Fashion icons and IP:
Examining Christian Dior's impact on the IP landscape

Intellectual property is all about innovation and progress.  And does it get more innovative than a designer who created the ‘New Look’ and moved fashion forwards into a new decade, not just in Paris but internationally?

1947 marked a revolutionary moment in fashion history, where the androgynous, tailored looks of the wartime years were replaced with a new ultra-feminine silhouette featuring a nipped waist, sloping shoulders, and full, swirling skirt.

Because of this, everyone is familiar with Christian Dior, the Couturier; but less is known about Christian Dior, the Businessman.  This article seeks to explore the ways in which Dior (both the man and the company) understood the commercial aspects of owning, managing and operating a fashion house, including the importance of IP, and paved the way for the generations of designers that followed.

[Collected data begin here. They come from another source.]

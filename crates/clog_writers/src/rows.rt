//! Worked rows: of three lines that two writers log, which histories a crash may leave; what a
//! flush leaves of a line's updates.
ghost use Rattle.std.specs.Prelude.{◌≡◌, [], ◌∷◌, reverse};
ghost use Rattle.clog_closing.specs.Written.{HoldsFirsts};
ghost use Rattle.clog_shares.specs.Tallied.{IsTallied};
ghost use Rattle.clog_writers.specs.Worked.{all_three, by_another, second_alone, third_early};
ghost use Rattle.clog_writers.specs.Worked.{three_lines};
ghost use Rattle.clog_writers.specs.WorkedTally.{flushed_one, logged_one, the_note};
ghost use Rattle.path_flush.specs.OwnWrites.{writes_of};

/// A line may come before one of another writer, and not before an earlier one of its own, nor from
/// another writer than its own.
pub fn a_line_comes_behind_the_earlier_ones_of_its_writer()
    ensures other { HoldsFirsts 2 three_lines second_alone }
    ensures all { HoldsFirsts 2 three_lines all_three }
    ensures own { HoldsFirsts 2 three_lines third_early → ⊥ }
    ensures foreign { HoldsFirsts 2 three_lines by_another → ⊥ }
{}

/// One line has one update of table 0, and its writer flushes at one. Where it has retired a
/// memtable that is final at the entry's end, none is left. It is left where no memtable is
/// retired, or one that is final in front of that end; no second one is. At a limit of two the one
/// update does not pay for the memtable that the flush has opened.
pub fn a_flush_leaves_no_update_below_its_bound()
    ensures writes { reverse (writes_of (flushed_one 60)) ≡ the_note ∷ [] }
    ensures flushed { IsTallied 1 0 0 0 (the_note ∷ []) (flushed_one 60) }
    ensures unretired { IsTallied 1 0 0 1 (the_note ∷ []) logged_one }
    ensures left { IsTallied 1 0 0 0 (the_note ∷ []) logged_one → ⊥ }
    ensures more { IsTallied 1 0 0 2 (the_note ∷ []) logged_one → ⊥ }
    ensures short { IsTallied 1 0 0 0 (the_note ∷ []) (flushed_one 59) → ⊥ }
    ensures unpaid { IsTallied 2 0 0 0 (the_note ∷ []) (flushed_one 60) → ⊥ }
{}
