//! What a crash leaves of lines that writers log, said of one writer.
ghost use Rattle.std.specs.Prelude.{◌≡◌, ◌<◌, ◌≤◌, ℕ, List, take};
ghost use Rattle.std.specs.List.{AllPairs};
ghost use Rattle.clog_disk.specs.Files.{Files, bytes_at};
ghost use Rattle.clog_mutation.specs.declared.mutation.Mutation.{Mutation};
ghost use Rattle.clog_applied.specs.History.{LoggedLine};
ghost use Rattle.clog_crash.specs.Log.{Write};
ghost use Rattle.clog_closing.specs.Written.{HoldsFirsts, RestoresLines, SaysFirst};
ghost use Rattle.clog_writers.specs.Left.{RestoresShares, SaysShares, said_by};

/// What an image restores of a history are again the first of each writer's lines.
pub fn the_first_of_a_history_are_the_first_of_each()
    ensures { (writers n : ℕ) (mutations : List Mutation) (history : List LoggedLine)
        → HoldsFirsts writers mutations history → HoldsFirsts writers mutations (take n history) }
{}

/// Where segments are written in the order of their ids, the lines that they say stand in it too: a
/// line does not come before one of an earlier segment, whoever wrote them.
pub fn lines_stand_in_the_order_of_their_segments()
    ensures { (writers : ℕ) (mutations : List Mutation) (log : List Write)
        (history : List LoggedLine) → AllPairs (λ (a b : Write). a.id < b.id) log
        → SaysShares writers mutations log history
        → AllPairs (λ (a b : LoggedLine). a.id ≤ b.id) history }
{}

/// The lines of one writer are the first of all: the segments say them, and an image restores
/// them.
pub fn one_writer_logs_the_first_lines()
    ensures says { (mutations : List Mutation) (log : List Write) (history : List LoggedLine)
        → SaysShares 1 mutations log history → SaysFirst log mutations }
    ensures restores { (mutations : List Mutation) (history : List LoggedLine) (opened : Files)
        (least : ℕ) (image : Files) → HoldsFirsts 1 mutations history
        → RestoresShares (bytes_at opened) history least image
        → RestoresLines (bytes_at opened) mutations least image }
{}

/// And where segments say the first lines, these are a history of one writer, which says just
/// those.
pub fn first_lines_are_those_of_one_writer()
    ensures { (mutations : List Mutation) (log : List Write) → (said : SaysFirst log mutations)
        → (history : List LoggedLine) × SaysShares 1 mutations log history
        × (said_by history ≡ take said.count mutations) }
{}
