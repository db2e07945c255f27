//! The receipts of what was logged, in the order of the lines.
ghost use Rattle.std.specs.Prelude.{◌≡◌, ◌<◌, ◌+◌, ◌^◌, ℕ, length, slice_index_or};
ghost use Rattle.clog_base.specs.Positions.{position_of};
ghost use Rattle.clog_writers.specs.Placed.{AreAtTheirLines};
ghost use Rattle.write_path.specs.declared.commit.Receipt.{Receipt as ReceiptOf};

use clog_base::Key;
use path_core::EntryNote;
use write_path::Receipt;

// The receipt of a line whose entry ends at a key.
fn receipt(base: u64, line: u32, end: Key) -> Receipt
    requires { base < 2 ^ 62 }
    ensures { result ≡ record { line = line; position = position_of base end.0 } }
{
    Receipt {
        line,
        position: end.position(base),
    }
}

// Puts the receipt of an entry at the place of its line, where there is one.
fn place_receipt(base: u64, line: u32, end: Key, receipts: &mut [Receipt])
    requires { base < 2 ^ 62 }
    ensures long { length receipts.new ≡ length receipts.old }
    ensures here { (i : ℕ) (d : ReceiptOf) → line ≡ i + 1 → i < length receipts.old
        → slice_index_or receipts.new i d
        ≡ record { line = line; position = position_of base end.0 } }
    ensures others { (i : ℕ) (d : ReceiptOf) → (line ≡ i + 1 → ⊥)
        → slice_index_or receipts.new i d ≡ slice_index_or receipts.old i d }
{
    let number = line as usize;
    if 0 < number && number <= receipts.len() {
        receipts[number - 1] = receipt(base, line, end);
    }
}

/// Puts the receipt of each entry at the place of its line, where there is one. The segment of
/// ordinal 0 has the id `base`.
pub fn place_receipts(base: u64, notes: &[EntryNote], receipts: &mut [Receipt])
    requires { base < 2 ^ 62 }
    ensures long { length receipts.new ≡ length receipts.old }
    ensures placed { AreAtTheirLines base notes.now receipts.new }
{
    for note in notes {
        place_receipt(base, note.line, note.end, receipts);
    }
}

Early Years and the CHRISTIAN DIOR Trade Marks

The House of Dior officially opened in December 1946, placing Christian Dior front and centre of the post-war effort to revive the fashion industry in Paris.

With his first collection in Spring 1947, Dior didn’t just put himself on the map, but re-established Paris as the haute couture capital of the world and introduced what has later been referred to by the V&A as ‘The Golden Age of Couture’.

However, alongside the artistic creations taking place inside 30 Avenue Montaigne, work was also underway to protect the Christian Dior name in France and beyond.  From 1947, Christian Dior filed trade marks in numerous countries for the sign CHRISTIAN DIOR covering goods from clothing, leather products and jewellery, to homeware, cosmetics and perfumery. 

Therefore, even at this early stage in his business, Dior’s appreciation of the importance of IP rights is evident, as was his intention to take the House beyond haute couture and into other commercial fields (something that, whilst wholly familiar today, was fairly ground-breaking at the time).

Christian Dior’s almost overnight jump from relative obscurity to international fame also would have required a very proactive trade mark protection strategy, and this is perhaps visible in the quick succession of trade mark filings across the years 1947 and 1948.

Aside from these trade mark filings, it’s notable that Christian Dior was designing at a time when IP protection for the fashion industry was less developed, even in France, and so couturiers had to utilise what was available. 

Véronique Pouillard, a Professor at the University of Oslo specialising in business and economic history (with a focus on topics including IP), suggests that this resulted from fashion’s awkward straddling of both art and functional product – a tension that IP law still grapples with today.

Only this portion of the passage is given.